I am studying divisibility and come across this rule. I think the rule is too complicated and hard to understand and remember. What is the best way to judge whether a number is divisible by 13 without having to remember this rule?
Delete the last digit from the number, and then subtract 9 times the deleted digit from the remaining number. If what is left is divisible by 13, then so is the original number. Repeat the rule if necessary.
Answer to the OP's Question:
The best way to judge this divisibility by $13$ would be to use the congruence relation $$1000 \equiv -1\pmod {13}$$ Using this relation, it will be very easy to check for divisibility by $13$ for large-digited numbers (greater than $3$ digits). However, this method does not work for numbers with $1,2,3$ digited numbers.

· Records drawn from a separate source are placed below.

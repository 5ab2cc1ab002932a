//! The records of a text, one at a time, and the lines in which they begin.

ghost use Rattle.std.specs.Prelude.{◌≡◌, ◌≤◌, ◌<◌, true, false, length, option_map, IfErr, IfOk, OnOk};
ghost use Rattle.std.specs.Bool.{MatchBool};
ghost use Rattle.csv.specs.Reading.{strip_bom};
ghost use Rattle.jb_rows.specs.Fields.{packed};
ghost use Rattle.jb_rows.specs.Refusals.{IfTooLong};
ghost use Rattle.jb_rows.specs.Source.{unread};
ghost use Rattle.jb_rows.specs.Texts.{config_of};
ghost use Rattle.jb_rows.specs.Bytes.{marks_config};
ghost use Rattle.jb_rows.specs.Passing.{PassesEnd, PassesEnds, PassesRecord, IsLonger};

use crate::byte_source::ByteSource;
use crate::machine::{Marks, Place, ends_line};
use crate::row_builder::RowBuilder;
use crate::rows_error::RowsError;
use crate::rows_options::RowsOptions;
use crate::tokens::{end_field, is_too_long, line_feeds, take_next};
use std::io::Read;

/// The records of a text, one at a time, and the lines in which they begin.
#[derive(Drop)]
pub(crate) struct TextReader<R> {
    source: ByteSource<R>,
    marks: Marks,
    /// The line of the next byte, the first being 1. It stops at 2^64 - 1.
    line: u64,
}

/// Whether a record is longer packed than it may be.
fn is_longer(row: &RowBuilder, longest: usize) -> bool
    ensures longer { result ≡ true → longest < length (packed row.now) }
    ensures short { result ≡ false → length (packed row.now) ≤ longest }
{
    row.as_bytes().len() > longest
}

impl<R: Read> TextReader<R> {
    /// Those of this stream, of which nothing is read.
    pub(crate) fn new(options: &RowsOptions, from: R) -> TextReader<R>
        ensures source { unread R.remaining result.source ≡ option_map strip_bom (R.remaining from) }
        ensures marks { marks_config result.marks ≡ config_of options.now }
        ensures line { result.line ≡ 1 }
    {
        TextReader {
            source: ByteSource::new(from),
            marks: Marks::of(options),
            line: 1,
        }
    }

    /// The stream below.
    pub(crate) fn stream(&self) -> &R
        ensures { result.now ≡ self.now.source.stream }
    {
        self.source.stream()
    }

    /// The line of the next byte.
    pub(crate) fn line(&self) -> u64
        ensures { result ≡ self.now.line }
    {
        self.line
    }

    /// Takes one line feed or carriage return that no record begins with, if there is one.
    fn skip_end(&mut self) -> bool
        requires { 0 < length self.old.source.window }
        ensures { PassesEnd self.old self.new result }
    {
        let byte = self.source.bytes()[0];
        if !ends_line(byte) {
            return false;
        }
        self.line = self.line.saturating_add(line_feeds(byte));
        self.source.skip(1);
        true
    }

    /// Goes to the next byte that a record begins with; and whether there is one.
    pub(crate) fn skip_ends(&mut self) -> Result<bool, RowsError>
        ensures passed { IfOk result (λ found. PassesEnds R.remaining self.old self.new found) }
        ensures marks { self.new.marks ≡ self.old.marks }
        ensures refused { IfErr result (λ error. IfTooLong error (λ _. ⊥)) }
    {
        for _ in 0..u64::MAX {
            if !self.source.fill()? {
                return Ok(false);
            }
            if !self.skip_end() {
                return Ok(true);
            }
        }
        Err(RowsError::Memory)
    }

    /// Puts the record that begins here together, which has this number, in place of `row`; and whether the text ends with it. If it is longer packed than it may be, it is
    /// refused before more than 8 KiB of it are past that.
    pub(crate) fn read_record(
        &mut self,
        number: u64,
        longest: usize,
        row: &mut RowBuilder,
        field: &mut Vec<u8>,
    ) -> Result<bool, RowsError>
        ensures passed { IfOk result (λ ends. PassesRecord R.remaining self.old self.new row.new ends) }
        ensures marks { self.new.marks ≡ self.old.marks }
        ensures short { OnOk result (length (packed row.new) ≤ longest) }
        ensures refused { IfErr result (λ error. IfTooLong error (λ refused. (refused ≡ number) × IsLonger R.remaining self.old longest)) }
    {
        row.clear();
        field.clear();
        let mut place = Place::StartField;
        for _ in 0..u64::MAX {
            if !self.source.fill()? {
                end_field(row, field)?;
                if is_longer(row, longest) {
                    return Err(RowsError::TooLong { number });
                }
                return Ok(true);
            }
            let taken = take_next(&self.marks, place, self.source.bytes(), row, field)?;
            self.source.skip(taken.count);
            self.line = self.line.saturating_add(taken.lines);
            if taken.is_whole {
                if is_longer(row, longest) {
                    return Err(RowsError::TooLong { number });
                }
                return Ok(false);
            }
            if is_too_long(row, field, longest) {
                return Err(RowsError::TooLong { number });
            }
            place = taken.place;
        }
        Err(RowsError::Memory)
    }
}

Hence for numbers with less than $4$ digits, it is better to divide and check what happens.
Justification of the Rule:
Say $N=a_0+10a_1+10^2a_2+\ldots +10^na_n$ is any number and $a_0$ is the digit in its units' place.
On deleting the last digit, the number becomes $a_1+10a_2+\ldots +10^{n-1}a_n$
And on subtracting $9$ times the deleted digit, the number becomes $a_1+10a_2+\ldots +10^{n-1}a_n-9a_0$
Then according to the given algorithm, you have to check if $$a_1+10a_2+\ldots +10^{n-1}a_n-9a_0 \equiv 0 \pmod{13}$$
If the above holds, then it means $$a_1+10a_2+\ldots +10^{n-1}a_n-9a_0 \equiv 0 \pmod{13}$$ Or $$10a_1+10^2a_2+\ldots +10^na_n-90a_0 \equiv 0 \pmod{13}$$ Or $$a_0+10a_1+10^2a_2+\ldots +10^na_n-91a_0 \equiv 0 \pmod{13}$$ Or $$a_0+10a_1+10^2a_2+\ldots +10^na_n \equiv 91a_0 \pmod{13}$$
And irrespective of $a_0$, $13$ divides $91$. So we get $$a_0+10a_1+10^2a_2+\ldots +10^na_n \equiv 91a_0 \equiv 0\pmod{13}$$ that is, $$N \equiv 0\pmod{13}$$ that is, $$13|N$$
Another rule is to break the digits into groups of three, add the odd ones and subtract the even ones, and check if the result is divisible by $13$. For example, if you want to see if $123,456,789$ is divisible by $13$ you can do $123-456+789=456$ and check by trial division whether $456$ is divisible by $13$. When you find $456/13$ has remainder $1$, so does $123,456,789$. This works because $13$ divides into $1001$. Whether this is more or less complicated than trial division is in the eye of the beholder. Unlike the rule you quote, it gives you the remainder on division by $13$.